What needs to be done - Up to and including the line with "use spdm_grammar::names::MEASUREMENT_DMTF;", restate the records below word for word, beginning with their first line.

Saved entries -

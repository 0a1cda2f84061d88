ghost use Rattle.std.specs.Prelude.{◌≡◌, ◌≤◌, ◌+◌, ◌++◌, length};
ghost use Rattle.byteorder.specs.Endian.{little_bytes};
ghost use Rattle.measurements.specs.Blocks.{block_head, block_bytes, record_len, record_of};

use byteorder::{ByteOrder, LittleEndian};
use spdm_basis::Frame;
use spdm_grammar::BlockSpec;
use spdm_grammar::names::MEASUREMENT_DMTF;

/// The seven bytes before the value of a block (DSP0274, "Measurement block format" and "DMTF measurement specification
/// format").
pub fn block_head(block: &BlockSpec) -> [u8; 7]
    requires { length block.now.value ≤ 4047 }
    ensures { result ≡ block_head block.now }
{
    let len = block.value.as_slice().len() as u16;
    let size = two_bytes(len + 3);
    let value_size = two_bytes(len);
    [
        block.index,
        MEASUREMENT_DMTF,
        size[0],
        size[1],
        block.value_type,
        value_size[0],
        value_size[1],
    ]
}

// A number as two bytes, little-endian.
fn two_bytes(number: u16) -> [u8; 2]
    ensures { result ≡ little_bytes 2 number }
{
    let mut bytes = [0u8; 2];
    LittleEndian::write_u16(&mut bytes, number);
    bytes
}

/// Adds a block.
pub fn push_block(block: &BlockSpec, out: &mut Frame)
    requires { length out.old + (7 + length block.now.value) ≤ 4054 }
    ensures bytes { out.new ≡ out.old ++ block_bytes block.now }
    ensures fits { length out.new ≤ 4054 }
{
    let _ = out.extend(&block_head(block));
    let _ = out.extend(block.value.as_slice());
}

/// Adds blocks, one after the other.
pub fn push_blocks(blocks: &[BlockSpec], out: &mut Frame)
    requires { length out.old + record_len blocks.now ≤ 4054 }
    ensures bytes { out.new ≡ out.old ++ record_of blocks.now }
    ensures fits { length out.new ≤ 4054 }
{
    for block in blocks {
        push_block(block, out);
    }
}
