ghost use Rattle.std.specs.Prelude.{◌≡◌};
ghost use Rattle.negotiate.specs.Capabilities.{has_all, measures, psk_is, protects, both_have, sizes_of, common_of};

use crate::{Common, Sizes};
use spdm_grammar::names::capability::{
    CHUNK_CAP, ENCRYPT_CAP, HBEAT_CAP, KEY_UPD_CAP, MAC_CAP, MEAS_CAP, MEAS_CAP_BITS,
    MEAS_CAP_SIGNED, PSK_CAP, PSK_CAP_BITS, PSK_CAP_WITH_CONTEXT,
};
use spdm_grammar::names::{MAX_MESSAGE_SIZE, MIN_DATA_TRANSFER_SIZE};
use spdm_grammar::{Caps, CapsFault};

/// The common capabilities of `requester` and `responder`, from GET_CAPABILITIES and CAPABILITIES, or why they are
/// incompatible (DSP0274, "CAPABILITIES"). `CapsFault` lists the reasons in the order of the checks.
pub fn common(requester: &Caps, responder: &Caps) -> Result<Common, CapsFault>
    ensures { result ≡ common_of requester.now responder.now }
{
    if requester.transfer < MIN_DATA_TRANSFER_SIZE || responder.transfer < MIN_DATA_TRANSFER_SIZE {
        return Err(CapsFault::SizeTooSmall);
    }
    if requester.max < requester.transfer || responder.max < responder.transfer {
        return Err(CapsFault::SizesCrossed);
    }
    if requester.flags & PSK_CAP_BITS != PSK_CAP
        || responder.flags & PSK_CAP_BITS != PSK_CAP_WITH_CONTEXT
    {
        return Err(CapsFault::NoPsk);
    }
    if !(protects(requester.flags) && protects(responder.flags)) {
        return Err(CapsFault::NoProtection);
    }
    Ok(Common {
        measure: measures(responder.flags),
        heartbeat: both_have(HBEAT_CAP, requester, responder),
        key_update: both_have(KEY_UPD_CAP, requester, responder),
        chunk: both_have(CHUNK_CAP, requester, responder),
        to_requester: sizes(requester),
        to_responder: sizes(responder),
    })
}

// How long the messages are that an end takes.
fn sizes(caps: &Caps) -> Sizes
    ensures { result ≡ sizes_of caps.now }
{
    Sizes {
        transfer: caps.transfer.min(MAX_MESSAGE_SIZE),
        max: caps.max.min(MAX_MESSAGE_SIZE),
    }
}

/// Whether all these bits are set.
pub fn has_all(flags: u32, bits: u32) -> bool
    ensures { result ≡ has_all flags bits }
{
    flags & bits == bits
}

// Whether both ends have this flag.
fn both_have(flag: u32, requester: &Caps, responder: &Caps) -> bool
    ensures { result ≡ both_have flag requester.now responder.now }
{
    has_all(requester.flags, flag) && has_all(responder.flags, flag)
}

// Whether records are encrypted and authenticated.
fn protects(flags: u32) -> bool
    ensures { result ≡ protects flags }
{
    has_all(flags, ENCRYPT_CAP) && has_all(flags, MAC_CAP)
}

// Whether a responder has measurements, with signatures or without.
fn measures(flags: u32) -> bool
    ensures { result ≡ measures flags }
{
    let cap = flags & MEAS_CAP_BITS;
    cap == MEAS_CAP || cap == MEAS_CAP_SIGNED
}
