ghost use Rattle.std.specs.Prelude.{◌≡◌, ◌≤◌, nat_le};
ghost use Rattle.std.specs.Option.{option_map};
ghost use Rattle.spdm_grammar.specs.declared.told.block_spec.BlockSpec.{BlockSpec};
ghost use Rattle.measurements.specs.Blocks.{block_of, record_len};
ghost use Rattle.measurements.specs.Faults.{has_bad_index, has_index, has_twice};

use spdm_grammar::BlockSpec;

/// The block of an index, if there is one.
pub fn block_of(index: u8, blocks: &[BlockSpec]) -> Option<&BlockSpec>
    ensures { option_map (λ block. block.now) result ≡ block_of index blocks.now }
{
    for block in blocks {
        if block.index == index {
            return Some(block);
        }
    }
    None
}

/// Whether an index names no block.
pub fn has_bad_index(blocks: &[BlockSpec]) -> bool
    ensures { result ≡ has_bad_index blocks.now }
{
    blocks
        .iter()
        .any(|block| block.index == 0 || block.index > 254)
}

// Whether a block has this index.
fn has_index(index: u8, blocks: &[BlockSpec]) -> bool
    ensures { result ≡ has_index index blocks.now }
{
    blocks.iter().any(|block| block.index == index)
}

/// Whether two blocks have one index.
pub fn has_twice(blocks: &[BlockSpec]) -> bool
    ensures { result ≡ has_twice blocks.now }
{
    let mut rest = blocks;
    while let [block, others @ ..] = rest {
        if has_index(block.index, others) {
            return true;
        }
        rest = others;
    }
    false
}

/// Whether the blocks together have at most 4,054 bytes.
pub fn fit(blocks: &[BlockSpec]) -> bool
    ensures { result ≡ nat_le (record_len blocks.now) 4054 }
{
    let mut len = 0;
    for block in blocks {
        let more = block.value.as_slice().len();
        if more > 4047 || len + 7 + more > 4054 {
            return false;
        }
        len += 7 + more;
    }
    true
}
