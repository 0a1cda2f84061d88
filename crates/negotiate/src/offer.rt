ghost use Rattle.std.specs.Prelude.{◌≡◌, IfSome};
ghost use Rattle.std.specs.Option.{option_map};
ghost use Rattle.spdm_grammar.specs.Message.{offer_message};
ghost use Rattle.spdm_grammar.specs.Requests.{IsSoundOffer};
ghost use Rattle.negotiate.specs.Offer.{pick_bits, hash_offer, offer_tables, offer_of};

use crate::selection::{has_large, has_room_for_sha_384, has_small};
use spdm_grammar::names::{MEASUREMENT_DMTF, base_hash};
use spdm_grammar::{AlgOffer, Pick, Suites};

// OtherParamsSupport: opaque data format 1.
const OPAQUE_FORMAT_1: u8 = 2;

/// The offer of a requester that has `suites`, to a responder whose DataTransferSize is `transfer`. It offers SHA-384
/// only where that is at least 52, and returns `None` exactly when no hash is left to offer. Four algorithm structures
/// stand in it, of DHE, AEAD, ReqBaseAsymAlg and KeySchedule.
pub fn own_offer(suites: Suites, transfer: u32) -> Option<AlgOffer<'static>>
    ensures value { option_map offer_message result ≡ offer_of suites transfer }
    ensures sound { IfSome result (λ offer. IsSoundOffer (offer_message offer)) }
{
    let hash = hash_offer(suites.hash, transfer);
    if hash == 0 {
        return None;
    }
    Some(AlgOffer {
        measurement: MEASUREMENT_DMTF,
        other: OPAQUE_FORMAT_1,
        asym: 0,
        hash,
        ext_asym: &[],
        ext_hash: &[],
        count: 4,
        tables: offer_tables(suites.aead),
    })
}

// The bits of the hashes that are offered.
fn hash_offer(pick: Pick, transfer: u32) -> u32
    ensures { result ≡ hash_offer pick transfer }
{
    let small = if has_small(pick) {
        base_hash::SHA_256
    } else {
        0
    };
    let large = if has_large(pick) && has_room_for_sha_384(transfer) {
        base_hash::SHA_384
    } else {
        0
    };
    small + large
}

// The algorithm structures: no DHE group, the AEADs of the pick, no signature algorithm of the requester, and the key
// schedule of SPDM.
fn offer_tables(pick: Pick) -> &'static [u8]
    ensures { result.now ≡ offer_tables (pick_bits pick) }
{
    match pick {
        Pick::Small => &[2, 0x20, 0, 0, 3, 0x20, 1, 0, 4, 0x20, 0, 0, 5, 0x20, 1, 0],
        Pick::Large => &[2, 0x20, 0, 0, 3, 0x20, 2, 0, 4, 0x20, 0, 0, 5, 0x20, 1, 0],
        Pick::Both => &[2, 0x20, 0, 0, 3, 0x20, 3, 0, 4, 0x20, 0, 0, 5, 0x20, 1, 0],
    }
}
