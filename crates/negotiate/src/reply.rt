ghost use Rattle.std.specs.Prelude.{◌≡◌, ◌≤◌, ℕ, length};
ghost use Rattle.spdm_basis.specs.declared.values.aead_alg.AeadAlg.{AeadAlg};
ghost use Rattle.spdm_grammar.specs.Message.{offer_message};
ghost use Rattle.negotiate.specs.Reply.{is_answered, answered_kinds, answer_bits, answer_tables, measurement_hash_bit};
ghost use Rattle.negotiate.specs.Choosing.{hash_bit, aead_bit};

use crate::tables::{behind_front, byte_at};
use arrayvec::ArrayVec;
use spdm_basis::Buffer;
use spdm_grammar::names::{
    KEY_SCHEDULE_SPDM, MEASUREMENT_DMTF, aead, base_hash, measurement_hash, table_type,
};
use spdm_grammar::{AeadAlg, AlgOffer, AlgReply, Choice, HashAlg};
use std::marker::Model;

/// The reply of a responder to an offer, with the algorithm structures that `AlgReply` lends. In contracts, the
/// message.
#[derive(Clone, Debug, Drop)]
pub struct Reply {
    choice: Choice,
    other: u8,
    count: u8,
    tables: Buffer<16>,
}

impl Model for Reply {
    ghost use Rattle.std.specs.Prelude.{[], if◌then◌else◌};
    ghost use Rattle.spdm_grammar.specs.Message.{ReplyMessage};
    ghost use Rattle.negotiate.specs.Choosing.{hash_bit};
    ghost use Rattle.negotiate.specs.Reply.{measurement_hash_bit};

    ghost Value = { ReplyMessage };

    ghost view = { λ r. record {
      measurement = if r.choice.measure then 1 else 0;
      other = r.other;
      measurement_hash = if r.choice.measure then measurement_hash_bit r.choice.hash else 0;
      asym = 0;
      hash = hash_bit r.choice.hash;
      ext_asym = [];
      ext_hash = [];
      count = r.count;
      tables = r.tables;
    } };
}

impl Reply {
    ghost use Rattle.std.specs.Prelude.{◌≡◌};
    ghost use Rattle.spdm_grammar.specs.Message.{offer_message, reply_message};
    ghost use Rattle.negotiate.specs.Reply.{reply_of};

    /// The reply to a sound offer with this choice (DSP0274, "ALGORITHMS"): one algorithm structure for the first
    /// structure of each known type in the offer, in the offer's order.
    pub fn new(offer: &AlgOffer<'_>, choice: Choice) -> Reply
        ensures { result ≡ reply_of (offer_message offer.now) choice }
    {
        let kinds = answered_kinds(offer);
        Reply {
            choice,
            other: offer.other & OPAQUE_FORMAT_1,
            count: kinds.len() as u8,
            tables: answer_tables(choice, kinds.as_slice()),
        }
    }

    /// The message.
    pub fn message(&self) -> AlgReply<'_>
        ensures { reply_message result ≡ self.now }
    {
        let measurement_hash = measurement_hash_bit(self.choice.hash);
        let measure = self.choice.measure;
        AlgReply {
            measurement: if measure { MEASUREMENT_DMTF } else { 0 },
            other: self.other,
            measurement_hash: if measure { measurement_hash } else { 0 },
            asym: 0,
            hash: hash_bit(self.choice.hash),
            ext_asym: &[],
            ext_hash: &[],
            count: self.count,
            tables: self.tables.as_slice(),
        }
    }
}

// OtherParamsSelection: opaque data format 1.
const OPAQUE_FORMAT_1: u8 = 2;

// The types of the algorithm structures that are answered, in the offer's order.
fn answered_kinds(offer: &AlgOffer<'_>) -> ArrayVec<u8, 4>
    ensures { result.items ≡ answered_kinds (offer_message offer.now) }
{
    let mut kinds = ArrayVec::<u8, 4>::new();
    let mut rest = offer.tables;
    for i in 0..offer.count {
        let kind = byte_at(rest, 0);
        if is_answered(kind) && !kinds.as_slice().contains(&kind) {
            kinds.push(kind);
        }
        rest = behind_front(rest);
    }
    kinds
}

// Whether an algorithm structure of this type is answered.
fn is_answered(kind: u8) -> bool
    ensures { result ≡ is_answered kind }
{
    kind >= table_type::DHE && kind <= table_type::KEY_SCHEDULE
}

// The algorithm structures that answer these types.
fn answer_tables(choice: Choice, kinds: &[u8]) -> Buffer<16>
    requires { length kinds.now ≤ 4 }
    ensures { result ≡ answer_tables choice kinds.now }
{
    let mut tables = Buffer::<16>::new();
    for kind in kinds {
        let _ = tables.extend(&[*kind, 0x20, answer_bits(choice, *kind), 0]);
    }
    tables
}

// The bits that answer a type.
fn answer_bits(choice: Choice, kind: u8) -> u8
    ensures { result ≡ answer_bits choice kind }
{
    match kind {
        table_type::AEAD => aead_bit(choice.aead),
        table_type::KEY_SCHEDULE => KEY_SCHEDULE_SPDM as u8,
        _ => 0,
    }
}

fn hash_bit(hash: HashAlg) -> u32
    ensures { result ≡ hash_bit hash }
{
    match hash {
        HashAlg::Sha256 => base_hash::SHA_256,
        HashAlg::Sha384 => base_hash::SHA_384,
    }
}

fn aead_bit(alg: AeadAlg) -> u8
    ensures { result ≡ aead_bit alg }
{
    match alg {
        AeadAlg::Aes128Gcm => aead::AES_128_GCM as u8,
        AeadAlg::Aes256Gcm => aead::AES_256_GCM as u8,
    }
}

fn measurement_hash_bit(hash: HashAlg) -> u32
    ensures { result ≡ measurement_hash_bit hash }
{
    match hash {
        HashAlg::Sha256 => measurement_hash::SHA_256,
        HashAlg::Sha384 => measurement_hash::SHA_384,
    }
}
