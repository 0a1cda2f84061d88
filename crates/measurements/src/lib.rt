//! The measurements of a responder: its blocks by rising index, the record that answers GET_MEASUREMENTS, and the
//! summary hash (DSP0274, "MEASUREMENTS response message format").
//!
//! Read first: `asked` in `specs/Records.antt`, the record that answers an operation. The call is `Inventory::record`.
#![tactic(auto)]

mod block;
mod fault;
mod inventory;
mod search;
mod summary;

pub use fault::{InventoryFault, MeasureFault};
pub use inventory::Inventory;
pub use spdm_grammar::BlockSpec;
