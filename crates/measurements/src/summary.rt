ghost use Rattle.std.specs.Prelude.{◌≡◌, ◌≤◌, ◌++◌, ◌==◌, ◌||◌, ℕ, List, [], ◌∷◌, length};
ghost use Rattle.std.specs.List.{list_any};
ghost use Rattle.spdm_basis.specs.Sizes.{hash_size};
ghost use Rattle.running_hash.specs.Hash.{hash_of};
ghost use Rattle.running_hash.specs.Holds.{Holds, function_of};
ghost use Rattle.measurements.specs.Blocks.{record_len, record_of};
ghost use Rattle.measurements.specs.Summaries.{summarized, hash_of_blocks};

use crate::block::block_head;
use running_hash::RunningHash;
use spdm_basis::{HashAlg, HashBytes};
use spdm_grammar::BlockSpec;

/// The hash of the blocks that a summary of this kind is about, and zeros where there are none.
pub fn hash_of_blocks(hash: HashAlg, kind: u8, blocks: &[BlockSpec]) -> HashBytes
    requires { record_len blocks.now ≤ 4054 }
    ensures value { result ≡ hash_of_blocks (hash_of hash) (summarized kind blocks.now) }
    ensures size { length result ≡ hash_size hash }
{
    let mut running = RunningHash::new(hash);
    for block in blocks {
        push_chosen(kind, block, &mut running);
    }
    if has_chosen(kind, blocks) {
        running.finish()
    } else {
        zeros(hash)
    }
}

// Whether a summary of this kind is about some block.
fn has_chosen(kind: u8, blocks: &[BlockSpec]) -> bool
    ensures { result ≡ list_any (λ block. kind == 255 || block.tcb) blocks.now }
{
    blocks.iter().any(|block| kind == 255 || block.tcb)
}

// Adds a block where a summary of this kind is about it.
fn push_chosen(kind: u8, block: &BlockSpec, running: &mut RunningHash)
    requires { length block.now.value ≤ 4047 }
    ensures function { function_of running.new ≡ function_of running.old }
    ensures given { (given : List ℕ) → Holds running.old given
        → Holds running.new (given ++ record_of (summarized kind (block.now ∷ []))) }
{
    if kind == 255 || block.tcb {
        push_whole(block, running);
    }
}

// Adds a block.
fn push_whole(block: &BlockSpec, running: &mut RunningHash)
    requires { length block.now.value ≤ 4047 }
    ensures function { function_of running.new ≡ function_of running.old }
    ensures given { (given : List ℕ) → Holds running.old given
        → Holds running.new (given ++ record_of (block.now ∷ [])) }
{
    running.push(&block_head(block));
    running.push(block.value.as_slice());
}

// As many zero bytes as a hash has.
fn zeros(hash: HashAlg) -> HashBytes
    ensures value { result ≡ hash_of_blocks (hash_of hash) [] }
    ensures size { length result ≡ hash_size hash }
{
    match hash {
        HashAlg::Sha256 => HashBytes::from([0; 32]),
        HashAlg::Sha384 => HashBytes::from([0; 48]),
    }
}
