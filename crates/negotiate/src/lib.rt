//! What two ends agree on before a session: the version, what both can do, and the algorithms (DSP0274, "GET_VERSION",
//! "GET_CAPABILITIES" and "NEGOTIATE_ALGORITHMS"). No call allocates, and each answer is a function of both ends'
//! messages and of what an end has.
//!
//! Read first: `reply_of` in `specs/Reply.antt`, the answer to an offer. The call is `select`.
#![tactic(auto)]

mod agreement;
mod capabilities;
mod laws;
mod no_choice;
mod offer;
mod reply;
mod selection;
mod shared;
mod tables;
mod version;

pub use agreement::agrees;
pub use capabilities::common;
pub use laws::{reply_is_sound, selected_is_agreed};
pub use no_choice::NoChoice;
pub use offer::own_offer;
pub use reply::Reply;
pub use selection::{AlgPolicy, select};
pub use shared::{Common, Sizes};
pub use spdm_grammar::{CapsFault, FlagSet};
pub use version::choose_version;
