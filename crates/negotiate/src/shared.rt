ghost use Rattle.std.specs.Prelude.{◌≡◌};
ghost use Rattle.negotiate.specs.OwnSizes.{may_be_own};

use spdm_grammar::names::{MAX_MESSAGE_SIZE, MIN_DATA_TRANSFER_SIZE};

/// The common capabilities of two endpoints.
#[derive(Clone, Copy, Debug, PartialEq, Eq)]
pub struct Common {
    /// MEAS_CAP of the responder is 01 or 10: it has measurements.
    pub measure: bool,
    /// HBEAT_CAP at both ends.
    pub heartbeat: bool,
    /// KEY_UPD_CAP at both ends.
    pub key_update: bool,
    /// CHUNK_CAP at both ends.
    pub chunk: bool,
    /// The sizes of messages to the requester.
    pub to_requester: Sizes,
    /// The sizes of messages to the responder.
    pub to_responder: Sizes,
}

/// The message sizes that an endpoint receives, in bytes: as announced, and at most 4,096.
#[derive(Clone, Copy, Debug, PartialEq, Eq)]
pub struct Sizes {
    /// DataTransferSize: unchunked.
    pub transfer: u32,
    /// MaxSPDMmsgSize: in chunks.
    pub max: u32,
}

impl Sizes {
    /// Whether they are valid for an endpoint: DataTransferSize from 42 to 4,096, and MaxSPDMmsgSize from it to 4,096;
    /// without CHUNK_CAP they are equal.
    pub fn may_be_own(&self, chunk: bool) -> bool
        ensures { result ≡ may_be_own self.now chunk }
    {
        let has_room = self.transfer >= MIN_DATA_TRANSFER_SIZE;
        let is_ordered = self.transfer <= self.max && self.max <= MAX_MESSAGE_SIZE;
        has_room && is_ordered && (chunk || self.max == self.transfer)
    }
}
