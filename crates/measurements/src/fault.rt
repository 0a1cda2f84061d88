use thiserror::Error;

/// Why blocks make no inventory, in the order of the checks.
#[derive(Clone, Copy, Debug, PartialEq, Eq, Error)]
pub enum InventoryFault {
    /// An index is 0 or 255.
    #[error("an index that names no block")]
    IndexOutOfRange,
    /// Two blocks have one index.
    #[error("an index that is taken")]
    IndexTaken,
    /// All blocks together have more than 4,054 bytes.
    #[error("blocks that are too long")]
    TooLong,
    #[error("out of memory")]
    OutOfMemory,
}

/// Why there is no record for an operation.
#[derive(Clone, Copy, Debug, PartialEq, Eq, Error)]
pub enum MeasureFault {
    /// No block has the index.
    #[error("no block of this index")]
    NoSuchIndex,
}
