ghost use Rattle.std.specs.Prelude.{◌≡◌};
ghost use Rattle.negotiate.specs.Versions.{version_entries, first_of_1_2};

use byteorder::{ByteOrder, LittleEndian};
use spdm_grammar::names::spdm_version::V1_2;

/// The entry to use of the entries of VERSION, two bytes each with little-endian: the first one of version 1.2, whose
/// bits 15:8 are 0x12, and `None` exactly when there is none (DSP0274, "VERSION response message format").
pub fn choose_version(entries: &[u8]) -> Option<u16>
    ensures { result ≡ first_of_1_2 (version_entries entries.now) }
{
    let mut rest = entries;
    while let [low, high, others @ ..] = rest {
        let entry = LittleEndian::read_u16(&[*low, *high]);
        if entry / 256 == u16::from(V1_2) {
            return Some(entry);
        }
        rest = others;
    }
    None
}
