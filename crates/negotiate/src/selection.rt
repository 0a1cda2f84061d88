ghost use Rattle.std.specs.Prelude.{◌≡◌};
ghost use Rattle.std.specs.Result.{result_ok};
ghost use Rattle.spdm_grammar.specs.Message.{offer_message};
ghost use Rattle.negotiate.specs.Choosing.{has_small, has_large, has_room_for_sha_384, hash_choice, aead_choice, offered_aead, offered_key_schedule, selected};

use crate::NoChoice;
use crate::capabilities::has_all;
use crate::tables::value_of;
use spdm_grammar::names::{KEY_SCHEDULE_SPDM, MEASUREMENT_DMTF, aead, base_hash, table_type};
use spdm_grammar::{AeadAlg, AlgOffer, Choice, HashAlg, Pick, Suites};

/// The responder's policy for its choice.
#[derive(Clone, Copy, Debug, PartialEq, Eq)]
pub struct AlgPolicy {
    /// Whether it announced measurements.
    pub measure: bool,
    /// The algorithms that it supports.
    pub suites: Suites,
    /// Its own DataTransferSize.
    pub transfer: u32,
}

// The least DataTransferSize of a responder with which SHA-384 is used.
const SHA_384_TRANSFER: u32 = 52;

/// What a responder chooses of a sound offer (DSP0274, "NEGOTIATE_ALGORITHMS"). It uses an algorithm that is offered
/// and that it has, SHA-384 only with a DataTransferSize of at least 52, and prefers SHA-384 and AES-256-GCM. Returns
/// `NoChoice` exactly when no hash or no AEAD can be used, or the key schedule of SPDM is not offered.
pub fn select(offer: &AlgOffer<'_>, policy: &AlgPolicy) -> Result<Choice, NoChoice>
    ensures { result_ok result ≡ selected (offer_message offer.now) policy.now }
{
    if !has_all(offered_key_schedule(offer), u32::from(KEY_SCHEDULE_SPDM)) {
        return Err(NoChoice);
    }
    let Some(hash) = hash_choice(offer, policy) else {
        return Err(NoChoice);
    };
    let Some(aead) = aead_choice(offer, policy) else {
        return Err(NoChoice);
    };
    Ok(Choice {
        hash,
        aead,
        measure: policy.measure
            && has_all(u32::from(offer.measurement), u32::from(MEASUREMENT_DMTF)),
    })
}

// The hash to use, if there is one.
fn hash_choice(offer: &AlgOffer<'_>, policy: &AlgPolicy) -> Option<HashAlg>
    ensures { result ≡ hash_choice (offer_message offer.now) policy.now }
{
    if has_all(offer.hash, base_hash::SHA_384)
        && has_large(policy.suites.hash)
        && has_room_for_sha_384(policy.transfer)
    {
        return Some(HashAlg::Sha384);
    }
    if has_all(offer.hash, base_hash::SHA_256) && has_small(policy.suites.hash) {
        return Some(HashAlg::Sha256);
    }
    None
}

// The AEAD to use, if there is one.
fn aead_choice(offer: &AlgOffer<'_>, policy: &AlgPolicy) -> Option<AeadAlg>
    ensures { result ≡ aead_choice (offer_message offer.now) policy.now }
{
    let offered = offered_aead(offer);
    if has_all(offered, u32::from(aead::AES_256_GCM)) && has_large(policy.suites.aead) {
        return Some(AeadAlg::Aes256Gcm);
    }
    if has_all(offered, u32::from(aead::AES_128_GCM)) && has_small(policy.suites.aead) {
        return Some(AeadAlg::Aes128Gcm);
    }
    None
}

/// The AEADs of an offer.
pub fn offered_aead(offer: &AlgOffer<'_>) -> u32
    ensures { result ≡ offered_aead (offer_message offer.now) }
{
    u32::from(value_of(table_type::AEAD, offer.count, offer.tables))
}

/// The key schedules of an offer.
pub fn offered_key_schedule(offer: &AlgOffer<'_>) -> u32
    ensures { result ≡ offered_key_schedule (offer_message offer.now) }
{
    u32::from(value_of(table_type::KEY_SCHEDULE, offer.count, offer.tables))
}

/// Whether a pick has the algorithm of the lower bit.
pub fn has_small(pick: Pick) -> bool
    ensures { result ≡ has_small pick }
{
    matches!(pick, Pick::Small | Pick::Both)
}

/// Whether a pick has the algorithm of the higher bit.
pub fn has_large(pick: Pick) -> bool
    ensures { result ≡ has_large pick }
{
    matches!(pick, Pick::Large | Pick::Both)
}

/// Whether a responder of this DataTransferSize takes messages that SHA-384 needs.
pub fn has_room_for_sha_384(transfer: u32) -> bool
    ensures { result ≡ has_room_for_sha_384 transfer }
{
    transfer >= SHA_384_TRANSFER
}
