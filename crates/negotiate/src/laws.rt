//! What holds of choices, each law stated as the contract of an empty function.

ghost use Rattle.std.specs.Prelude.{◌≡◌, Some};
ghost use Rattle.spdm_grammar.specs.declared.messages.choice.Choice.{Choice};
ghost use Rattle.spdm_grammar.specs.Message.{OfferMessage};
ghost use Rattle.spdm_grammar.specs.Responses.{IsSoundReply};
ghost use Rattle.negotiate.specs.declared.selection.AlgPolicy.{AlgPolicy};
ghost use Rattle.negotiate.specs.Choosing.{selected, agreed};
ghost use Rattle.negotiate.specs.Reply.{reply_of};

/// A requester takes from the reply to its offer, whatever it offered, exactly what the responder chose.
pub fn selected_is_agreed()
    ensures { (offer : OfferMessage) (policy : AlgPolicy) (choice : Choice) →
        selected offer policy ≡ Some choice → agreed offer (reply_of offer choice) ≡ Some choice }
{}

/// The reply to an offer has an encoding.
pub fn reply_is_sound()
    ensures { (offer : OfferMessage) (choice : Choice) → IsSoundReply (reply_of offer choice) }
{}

Your solution -
repository 0a1cda2f84061d88
ghost use Rattle.std.specs.Prelude.{◌≡◌, ◌≤◌, ◌+◌, ◌++◌, length};
ghost use Rattle.byteorder.specs.Endian.{little_bytes};
ghost use Rattle.measurements.specs.Blocks.{block_head, block_bytes, record_len, record_of};

use byteorder::{ByteOrder, LittleEndian};
use spdm_basis::Frame;
use spdm_grammar::BlockSpec;
use spdm_grammar::names::MEASUREMENT_DMTF;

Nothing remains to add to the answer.